Saved entries
* * * *

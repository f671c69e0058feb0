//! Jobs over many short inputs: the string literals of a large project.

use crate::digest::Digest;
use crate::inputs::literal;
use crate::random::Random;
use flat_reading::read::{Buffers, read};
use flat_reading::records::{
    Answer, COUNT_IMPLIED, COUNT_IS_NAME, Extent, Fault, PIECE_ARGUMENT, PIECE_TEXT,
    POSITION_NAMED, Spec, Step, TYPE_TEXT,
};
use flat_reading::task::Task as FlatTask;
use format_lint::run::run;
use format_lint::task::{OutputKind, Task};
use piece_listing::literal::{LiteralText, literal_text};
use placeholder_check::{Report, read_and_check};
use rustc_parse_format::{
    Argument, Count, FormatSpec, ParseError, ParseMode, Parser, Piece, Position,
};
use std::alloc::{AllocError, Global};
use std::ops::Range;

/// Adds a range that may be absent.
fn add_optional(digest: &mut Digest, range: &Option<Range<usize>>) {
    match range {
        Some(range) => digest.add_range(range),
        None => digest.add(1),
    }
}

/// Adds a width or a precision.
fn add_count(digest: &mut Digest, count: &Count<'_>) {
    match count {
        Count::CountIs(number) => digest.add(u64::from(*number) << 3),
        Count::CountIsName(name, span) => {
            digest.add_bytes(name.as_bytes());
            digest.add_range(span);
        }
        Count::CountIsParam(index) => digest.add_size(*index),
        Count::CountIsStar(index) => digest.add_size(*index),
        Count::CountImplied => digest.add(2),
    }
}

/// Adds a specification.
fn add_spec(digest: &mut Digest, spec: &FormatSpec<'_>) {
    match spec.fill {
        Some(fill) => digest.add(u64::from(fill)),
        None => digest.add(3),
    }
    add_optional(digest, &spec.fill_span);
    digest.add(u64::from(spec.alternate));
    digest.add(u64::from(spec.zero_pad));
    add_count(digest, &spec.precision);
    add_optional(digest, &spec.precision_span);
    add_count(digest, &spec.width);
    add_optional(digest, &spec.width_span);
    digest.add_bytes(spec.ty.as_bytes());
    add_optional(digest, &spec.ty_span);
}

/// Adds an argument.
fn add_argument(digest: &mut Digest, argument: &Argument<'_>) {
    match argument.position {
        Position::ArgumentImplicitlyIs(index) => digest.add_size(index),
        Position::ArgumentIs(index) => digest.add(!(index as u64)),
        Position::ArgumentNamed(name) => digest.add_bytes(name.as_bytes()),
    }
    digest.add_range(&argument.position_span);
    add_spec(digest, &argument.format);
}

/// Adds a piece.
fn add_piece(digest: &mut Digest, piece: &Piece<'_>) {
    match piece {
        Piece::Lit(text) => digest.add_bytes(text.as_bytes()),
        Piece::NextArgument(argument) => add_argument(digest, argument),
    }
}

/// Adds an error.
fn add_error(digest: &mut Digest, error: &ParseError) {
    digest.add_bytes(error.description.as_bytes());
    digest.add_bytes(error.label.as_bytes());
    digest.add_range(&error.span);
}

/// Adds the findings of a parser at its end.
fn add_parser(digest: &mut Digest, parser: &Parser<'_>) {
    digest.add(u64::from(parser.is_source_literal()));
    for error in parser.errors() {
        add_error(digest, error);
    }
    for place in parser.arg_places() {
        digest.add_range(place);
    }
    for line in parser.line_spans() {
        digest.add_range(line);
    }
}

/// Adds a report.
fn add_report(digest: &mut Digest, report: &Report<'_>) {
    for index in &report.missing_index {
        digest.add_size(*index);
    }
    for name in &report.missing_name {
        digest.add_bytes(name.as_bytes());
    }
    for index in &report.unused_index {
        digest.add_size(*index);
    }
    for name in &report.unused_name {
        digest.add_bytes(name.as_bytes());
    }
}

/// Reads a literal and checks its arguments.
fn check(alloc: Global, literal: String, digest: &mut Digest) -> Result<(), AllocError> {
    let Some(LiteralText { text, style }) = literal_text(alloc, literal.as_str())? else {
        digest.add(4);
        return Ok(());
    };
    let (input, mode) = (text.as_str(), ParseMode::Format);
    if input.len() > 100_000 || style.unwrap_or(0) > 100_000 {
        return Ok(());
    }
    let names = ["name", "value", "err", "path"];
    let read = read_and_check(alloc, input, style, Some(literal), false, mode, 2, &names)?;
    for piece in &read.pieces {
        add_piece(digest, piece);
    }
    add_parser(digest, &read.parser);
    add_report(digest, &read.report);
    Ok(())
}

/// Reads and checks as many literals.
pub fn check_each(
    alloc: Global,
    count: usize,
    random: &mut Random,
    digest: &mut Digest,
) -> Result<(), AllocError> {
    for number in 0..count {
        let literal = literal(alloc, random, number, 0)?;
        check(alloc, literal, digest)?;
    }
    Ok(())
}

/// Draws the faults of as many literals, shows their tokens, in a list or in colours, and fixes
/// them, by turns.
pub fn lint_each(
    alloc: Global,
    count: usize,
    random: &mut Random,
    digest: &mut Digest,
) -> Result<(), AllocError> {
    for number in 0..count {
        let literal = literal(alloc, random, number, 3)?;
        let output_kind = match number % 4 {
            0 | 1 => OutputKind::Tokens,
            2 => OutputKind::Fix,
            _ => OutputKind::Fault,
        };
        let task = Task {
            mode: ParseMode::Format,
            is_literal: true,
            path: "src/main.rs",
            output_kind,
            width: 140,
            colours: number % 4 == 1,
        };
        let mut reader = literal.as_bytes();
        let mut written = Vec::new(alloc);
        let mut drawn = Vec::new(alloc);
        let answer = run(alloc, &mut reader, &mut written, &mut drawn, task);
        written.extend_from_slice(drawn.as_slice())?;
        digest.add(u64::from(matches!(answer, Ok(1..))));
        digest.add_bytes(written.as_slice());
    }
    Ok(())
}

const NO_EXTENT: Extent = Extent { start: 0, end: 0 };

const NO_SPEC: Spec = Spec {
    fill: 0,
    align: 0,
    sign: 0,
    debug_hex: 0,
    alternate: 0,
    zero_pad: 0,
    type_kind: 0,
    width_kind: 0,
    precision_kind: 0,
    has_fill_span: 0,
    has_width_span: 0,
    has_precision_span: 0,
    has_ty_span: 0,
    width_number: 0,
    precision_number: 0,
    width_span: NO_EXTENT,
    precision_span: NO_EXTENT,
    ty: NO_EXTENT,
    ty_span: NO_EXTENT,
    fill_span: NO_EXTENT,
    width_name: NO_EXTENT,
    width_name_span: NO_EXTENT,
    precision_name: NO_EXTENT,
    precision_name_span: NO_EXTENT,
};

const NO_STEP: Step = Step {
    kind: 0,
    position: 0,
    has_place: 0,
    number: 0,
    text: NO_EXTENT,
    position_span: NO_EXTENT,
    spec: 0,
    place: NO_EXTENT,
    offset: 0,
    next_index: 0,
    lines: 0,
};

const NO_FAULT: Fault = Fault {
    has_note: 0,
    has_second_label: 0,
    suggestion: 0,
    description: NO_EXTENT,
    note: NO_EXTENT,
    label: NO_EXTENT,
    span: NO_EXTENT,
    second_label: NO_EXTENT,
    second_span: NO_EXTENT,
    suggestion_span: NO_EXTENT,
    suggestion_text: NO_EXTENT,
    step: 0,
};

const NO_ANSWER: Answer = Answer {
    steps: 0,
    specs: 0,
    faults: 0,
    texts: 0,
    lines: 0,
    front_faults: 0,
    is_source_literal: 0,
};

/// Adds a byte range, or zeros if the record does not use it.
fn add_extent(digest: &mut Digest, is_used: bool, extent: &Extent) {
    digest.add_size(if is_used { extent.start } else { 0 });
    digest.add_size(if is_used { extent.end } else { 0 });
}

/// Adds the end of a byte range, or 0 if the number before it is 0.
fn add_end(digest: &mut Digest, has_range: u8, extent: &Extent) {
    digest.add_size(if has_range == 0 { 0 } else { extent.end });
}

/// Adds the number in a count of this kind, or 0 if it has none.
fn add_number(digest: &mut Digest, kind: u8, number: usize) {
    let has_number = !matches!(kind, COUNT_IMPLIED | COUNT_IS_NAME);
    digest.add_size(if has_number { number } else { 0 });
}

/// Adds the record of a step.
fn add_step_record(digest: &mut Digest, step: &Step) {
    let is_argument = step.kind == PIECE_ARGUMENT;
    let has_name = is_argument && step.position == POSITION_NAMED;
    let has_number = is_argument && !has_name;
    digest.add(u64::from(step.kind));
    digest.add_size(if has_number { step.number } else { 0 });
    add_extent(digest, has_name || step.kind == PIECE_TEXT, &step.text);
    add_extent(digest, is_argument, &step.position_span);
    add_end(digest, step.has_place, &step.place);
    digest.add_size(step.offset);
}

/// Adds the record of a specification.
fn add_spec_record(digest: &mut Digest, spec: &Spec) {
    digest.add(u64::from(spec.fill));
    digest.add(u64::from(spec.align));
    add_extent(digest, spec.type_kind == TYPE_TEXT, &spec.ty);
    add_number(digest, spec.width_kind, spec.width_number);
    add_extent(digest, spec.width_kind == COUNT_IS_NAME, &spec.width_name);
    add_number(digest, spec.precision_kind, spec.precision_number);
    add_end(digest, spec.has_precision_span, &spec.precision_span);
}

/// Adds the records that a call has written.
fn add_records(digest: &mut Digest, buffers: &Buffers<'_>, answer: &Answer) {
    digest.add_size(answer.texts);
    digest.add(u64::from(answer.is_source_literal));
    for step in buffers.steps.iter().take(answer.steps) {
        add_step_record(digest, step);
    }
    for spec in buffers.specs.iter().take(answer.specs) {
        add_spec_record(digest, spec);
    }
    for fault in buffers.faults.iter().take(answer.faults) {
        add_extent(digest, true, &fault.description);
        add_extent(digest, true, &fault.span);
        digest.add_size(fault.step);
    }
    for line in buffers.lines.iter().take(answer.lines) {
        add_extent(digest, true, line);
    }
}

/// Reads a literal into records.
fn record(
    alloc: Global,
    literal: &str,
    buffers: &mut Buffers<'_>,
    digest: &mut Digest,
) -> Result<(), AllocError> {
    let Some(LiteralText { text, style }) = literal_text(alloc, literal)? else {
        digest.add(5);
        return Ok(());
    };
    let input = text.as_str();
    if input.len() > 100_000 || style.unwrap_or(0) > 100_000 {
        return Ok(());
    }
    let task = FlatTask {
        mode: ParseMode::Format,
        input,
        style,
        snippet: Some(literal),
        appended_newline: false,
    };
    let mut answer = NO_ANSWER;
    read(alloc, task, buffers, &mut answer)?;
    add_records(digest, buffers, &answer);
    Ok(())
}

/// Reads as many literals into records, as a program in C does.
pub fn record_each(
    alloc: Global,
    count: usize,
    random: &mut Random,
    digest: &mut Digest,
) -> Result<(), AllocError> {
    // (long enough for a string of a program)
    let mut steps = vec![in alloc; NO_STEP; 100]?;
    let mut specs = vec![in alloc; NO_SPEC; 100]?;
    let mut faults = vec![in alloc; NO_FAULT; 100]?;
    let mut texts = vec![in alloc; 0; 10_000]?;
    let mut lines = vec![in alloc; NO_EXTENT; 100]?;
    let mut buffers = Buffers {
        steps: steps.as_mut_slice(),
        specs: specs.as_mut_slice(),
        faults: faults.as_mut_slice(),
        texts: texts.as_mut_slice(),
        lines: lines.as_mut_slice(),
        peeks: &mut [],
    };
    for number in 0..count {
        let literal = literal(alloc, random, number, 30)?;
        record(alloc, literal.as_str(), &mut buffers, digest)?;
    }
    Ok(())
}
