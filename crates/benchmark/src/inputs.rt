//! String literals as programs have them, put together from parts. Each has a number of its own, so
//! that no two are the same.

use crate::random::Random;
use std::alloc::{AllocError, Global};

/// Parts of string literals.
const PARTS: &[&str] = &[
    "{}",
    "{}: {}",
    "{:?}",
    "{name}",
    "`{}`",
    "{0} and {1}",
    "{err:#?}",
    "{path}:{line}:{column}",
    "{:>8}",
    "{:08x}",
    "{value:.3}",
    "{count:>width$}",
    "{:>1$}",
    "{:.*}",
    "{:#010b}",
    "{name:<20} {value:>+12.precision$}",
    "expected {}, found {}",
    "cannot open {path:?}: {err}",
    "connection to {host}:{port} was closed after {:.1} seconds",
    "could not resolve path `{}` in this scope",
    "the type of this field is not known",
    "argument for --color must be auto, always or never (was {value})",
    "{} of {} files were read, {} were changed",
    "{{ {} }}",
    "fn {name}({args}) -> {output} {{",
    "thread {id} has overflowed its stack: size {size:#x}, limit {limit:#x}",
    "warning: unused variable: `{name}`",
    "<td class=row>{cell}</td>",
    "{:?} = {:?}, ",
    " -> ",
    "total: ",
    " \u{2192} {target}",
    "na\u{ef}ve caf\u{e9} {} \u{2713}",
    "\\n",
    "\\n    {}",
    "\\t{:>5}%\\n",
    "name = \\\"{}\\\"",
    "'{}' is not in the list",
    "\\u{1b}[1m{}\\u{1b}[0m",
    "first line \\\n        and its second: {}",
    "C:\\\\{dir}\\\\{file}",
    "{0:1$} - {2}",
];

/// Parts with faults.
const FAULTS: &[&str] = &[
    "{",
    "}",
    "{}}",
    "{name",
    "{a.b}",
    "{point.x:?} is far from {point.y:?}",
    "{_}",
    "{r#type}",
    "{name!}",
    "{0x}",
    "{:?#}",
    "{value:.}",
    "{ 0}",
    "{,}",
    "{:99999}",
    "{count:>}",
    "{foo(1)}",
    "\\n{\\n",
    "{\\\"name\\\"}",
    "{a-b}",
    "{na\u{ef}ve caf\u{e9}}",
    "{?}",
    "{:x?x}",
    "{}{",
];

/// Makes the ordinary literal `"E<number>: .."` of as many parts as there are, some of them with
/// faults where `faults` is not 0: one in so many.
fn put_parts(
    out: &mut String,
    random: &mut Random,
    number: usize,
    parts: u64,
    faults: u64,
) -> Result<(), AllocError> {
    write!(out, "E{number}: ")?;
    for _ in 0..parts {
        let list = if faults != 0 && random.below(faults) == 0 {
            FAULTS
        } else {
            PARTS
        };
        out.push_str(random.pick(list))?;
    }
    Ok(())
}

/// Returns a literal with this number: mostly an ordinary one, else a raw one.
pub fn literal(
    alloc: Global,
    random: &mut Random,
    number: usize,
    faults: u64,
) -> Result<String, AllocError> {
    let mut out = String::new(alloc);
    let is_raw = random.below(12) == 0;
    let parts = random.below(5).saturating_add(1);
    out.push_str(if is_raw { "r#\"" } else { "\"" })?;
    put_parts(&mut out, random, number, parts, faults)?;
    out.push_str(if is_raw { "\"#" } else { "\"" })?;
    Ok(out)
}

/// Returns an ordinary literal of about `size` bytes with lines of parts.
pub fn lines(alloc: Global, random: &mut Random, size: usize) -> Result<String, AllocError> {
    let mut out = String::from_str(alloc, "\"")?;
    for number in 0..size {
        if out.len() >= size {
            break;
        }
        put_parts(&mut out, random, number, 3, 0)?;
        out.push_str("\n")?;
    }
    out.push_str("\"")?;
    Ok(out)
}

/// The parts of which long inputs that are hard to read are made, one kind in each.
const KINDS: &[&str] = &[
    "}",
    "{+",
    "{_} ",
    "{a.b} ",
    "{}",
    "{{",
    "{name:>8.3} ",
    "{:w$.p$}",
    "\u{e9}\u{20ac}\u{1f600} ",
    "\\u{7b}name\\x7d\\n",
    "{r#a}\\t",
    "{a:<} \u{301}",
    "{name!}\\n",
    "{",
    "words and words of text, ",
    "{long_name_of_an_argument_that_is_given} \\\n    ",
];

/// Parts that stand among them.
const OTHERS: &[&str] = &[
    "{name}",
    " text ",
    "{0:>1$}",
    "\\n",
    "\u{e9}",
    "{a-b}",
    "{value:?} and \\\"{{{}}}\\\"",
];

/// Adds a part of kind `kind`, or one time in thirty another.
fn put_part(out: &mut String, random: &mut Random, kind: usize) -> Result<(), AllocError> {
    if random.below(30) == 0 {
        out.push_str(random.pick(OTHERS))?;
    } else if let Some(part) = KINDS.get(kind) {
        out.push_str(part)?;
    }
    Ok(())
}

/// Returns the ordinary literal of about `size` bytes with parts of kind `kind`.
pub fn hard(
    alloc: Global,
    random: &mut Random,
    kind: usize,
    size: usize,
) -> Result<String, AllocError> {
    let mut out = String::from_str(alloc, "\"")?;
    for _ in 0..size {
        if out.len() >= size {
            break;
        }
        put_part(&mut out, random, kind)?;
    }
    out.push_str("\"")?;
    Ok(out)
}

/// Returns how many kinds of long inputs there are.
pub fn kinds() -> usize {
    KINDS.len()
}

* * * *

● Action item: From the entries, copy every line in which the string "written" can be found.

● Problem solution:
        let mut written = Vec::new(alloc);
        let answer = run(alloc, &mut reader, &mut written, &mut drawn, task);
        written.extend_from_slice(drawn.as_slice())?;
        digest.add_bytes(written.as_slice());
/// Adds the records that a call has written.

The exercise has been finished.